Work item
Beginning at the first line of the data, print each line exactly, stopping after the line that contains "let (primary, standby, status)".

[Collected data]

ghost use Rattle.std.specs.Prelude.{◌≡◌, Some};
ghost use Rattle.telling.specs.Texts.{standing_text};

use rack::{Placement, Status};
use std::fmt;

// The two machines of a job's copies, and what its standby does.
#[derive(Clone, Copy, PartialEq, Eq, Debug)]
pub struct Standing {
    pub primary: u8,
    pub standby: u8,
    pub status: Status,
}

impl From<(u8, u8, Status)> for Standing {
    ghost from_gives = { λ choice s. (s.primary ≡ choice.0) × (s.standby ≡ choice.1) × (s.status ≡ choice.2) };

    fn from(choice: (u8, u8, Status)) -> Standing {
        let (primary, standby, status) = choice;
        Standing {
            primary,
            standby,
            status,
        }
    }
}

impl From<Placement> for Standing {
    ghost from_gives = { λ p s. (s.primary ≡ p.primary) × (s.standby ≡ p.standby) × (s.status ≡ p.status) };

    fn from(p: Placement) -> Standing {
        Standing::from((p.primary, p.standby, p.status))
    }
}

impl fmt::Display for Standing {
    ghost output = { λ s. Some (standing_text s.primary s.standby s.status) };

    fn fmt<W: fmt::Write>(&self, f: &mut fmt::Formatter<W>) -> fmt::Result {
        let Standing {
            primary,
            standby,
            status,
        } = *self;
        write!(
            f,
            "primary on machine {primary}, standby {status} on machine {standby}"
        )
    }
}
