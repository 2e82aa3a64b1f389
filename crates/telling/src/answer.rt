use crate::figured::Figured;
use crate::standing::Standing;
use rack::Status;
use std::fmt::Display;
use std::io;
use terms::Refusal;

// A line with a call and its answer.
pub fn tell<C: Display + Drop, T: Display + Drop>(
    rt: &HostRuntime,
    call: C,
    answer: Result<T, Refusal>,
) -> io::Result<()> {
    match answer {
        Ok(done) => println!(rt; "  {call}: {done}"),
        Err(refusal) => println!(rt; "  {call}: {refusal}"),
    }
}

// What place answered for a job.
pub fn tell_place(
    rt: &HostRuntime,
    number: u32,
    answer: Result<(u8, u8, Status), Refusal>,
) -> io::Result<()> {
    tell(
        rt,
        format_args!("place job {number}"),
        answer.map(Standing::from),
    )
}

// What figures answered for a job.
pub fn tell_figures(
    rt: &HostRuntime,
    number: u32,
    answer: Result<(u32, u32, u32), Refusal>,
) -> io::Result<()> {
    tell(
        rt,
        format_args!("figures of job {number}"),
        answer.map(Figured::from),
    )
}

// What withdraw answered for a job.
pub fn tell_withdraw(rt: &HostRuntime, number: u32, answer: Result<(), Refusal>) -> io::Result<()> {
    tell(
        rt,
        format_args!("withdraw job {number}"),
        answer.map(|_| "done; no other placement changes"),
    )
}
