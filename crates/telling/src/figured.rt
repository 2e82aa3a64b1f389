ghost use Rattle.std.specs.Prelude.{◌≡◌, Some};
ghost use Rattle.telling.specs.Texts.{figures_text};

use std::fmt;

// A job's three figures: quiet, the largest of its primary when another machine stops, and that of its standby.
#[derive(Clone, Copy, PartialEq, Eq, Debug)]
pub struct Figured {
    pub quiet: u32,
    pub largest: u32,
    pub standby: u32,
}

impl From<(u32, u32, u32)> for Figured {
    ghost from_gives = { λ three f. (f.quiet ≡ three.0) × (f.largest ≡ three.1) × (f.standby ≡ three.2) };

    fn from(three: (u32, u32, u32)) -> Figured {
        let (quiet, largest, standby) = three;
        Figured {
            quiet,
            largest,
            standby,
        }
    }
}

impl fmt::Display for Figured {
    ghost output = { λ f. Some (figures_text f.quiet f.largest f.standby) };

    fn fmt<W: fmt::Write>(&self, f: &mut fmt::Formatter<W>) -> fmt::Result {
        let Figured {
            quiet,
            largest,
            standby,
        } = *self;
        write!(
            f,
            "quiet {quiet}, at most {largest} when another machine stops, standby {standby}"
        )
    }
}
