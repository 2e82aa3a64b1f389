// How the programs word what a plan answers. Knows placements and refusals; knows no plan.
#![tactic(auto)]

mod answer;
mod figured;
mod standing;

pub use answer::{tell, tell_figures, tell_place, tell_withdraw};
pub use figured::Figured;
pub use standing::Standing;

Answer for the task
ghost use Rattle.std.specs.Prelude.{◌≡◌, Some};
ghost use Rattle.telling.specs.Texts.{standing_text};

use rack::{Placement, Status};
use std::fmt;

// The two machines of a job's copies, and what its standby does.
#[derive(Clone, Copy, PartialEq, Eq, Debug)]
pub struct Standing {
    pub primary: u8,
    pub standby: u8,
    pub status: Status,
}

impl From<(u8, u8, Status)> for Standing {
    ghost from_gives = { λ choice s. (s.primary ≡ choice.0) × (s.standby ≡ choice.1) × (s.status ≡ choice.2) };

    fn from(choice: (u8, u8, Status)) -> Standing {
        let (primary, standby, status) = choice;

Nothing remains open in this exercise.